At the end of the day, the general concept of the alerts should work regardless of the exact data source.
Let’s look at some examples for alerts, which might be useful in a distributed system (especially using kubernetes).
Infrastructure Alerts
To start off, we’ll look at some basic infrastructure alerts, regarding CPU/memory/disk. We’ll go over the alerts one by one, with a short explanation for each one.

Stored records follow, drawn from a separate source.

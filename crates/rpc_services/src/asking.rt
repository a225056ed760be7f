// What an argument asks of the service.
ghost use Rattle.std.specs.Prelude.{◌≡◌, true, codes, option_map};
ghost use Rattle.pvd_value.specs.Fits.{fits_of};
ghost use Rattle.pvd_value.specs.View.{view};
ghost use Rattle.rpc_services.specs.Operations.{has_id, text_at, text_in, operation_named, operation_text, asked};

use pvd_type::{PvType, Shape};
use pvd_value::{PvValue, leaf};

/// What the service can be asked for.
#[derive(Clone, Copy, Debug, PartialEq, Eq)]
pub enum RpcOp {
    /// `channels`: the names of the channels.
    Channels,
    /// `info`: the version of the service, and how many records and groups there are.
    Info,
    /// `snapshot`: a row for each record.
    Snapshot,
}

/// Why an argument asks for nothing.
#[derive(Clone, Copy, Debug, PartialEq, Eq)]
pub enum RpcRefusal {
    /// It is no structure with the id of an NTURI, or has no text `query.op`.
    NotNturi,
    /// That text names no operation. Names are in lower case.
    UnknownOperation,
}

/// What an argument asks for: the operation that the text of its field `query.op` names, where its type is a structure with
/// the id `epics:nt/NTURI:1.0` (EPICS Normative Types 1.0, "NTURI"). A text with a bound is a text. Other fields, of the
/// query too, may be there or not. It takes no memory.
pub fn operation(argument: &(PvType, PvValue)) -> Result<RpcOp, RpcRefusal>
    requires { fits_of 16 (view argument.now.1) argument.now.0 ≡ true }
    ensures { result ≡ asked argument.now.0 (view argument.now.1) }
{
    let (ty, value) = argument;
    match operation_text(ty, value) {
        Some(name) => operation_of(name),
        None => Err(RpcRefusal::NotNturi),
    }
}

/// The text that names an operation.
fn operation_text<'a>(ty: &PvType, value: &'a PvValue) -> Option<&'a str>
    requires { fits_of 16 (view value.now) ty.now ≡ true }
    ensures { option_map (λ s. s.now) result ≡ operation_text ty.now (view value.now) }
{
    if !is_uri(ty) {
        return None;
    }
    text_below(ty, value, "query.op")
}

/// Whether a type has the id of an NTURI.
fn is_uri(ty: &PvType) -> bool
    ensures { result ≡ has_id (codes "epics:nt/NTURI:1.0") ty.now }
{
    match ty.shape() {
        Shape::Struct(node) => node.id.as_str() == "epics:nt/NTURI:1.0",
        Shape::Plain(_) | Shape::BoundText(_) | Shape::List(_, _) => false,
        Shape::Union(_) | Shape::StructList(_) | Shape::UnionList(_) => false,
        Shape::Variant | Shape::VariantList => false,
    }
}

/// The text of the field with this path.
fn text_below<'a>(ty: &PvType, value: &'a PvValue, path: &str) -> Option<&'a str>
    requires { fits_of 16 (view value.now) ty.now ≡ true }
    ensures { option_map (λ s. s.now) result ≡ text_at path.now ty.now (view value.now) }
{
    let Some(number) = ty.number_of(path) else {
        return None;
    };
    match leaf(value, ty, number) {
        Some(field) => text_of(field),
        None => None,
    }
}

/// The text that a value is.
fn text_of(value: &PvValue) -> Option<&str>
    ensures { option_map (λ s. s.now) result ≡ text_in (view value.now) }
{
    match value {
        PvValue::Text(text) => Some(text.as_str()),
        _ => None,
    }
}

/// The operation with this name.
fn operation_of(name: &str) -> Result<RpcOp, RpcRefusal>
    ensures { result ≡ operation_named name.now }
{
    match name {
        "channels" => Ok(RpcOp::Channels),
        "info" => Ok(RpcOp::Info),
        "snapshot" => Ok(RpcOp::Snapshot),
        _ => Err(RpcRefusal::UnknownOperation),
    }
}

To signal, that a target (e.g. instance) is down, we simply check the up
metric:
expr: up == 0
To signal, that a disk will fill up soon, based on a trend of the last x hours, we use the predict_linear
function. This alert triggers, if based on data during the last 24 hours, the available disk space will go below zero in the next 7 days:
expr: predict_linear(node_filesystem_avail[24h], 7*24*3600) <= 0
To signal, that memory will be full in a certain timeframe based on a trend of the last x hours, we also use predict_linear
. This alert will trigger, if the memory increase based on the last two hours, will result in the memory running out within the next hour:
expr: predict_linear(node_memory_MemAvailable[2h], 1*3600) <= 0
To signal high memory pressure, we first calculate the percentage of available memory, and if that’s as low as 5% and the rate of page faults during the last minute was high (>100), we trigger an alert:
expr: (node_memory_MemAvailable / node_memory_MemTotal * 100) < 5 and rate(node_vmstat_pgmajfault[1m]) > 100
To signal high CPU usage, we simply divide the load average of the last 5 minutes by the amount of cpus on that instance, and if it’s above 95% for some time, we alert:
expr: node_load5/count(node_cpu{mode="idle"}) without (cpu,mode) >= 0.95
Kubernetes-specific alerts
The following alerts are only focused on kubernetes and are based on metrics reported by kube-state-metrics. Due to the stateful nature of this tool and the event-based nature in parts of kubernetes, these alerts are sometimes a bit hard to write and a bit wonky, but they can still provide useful insights.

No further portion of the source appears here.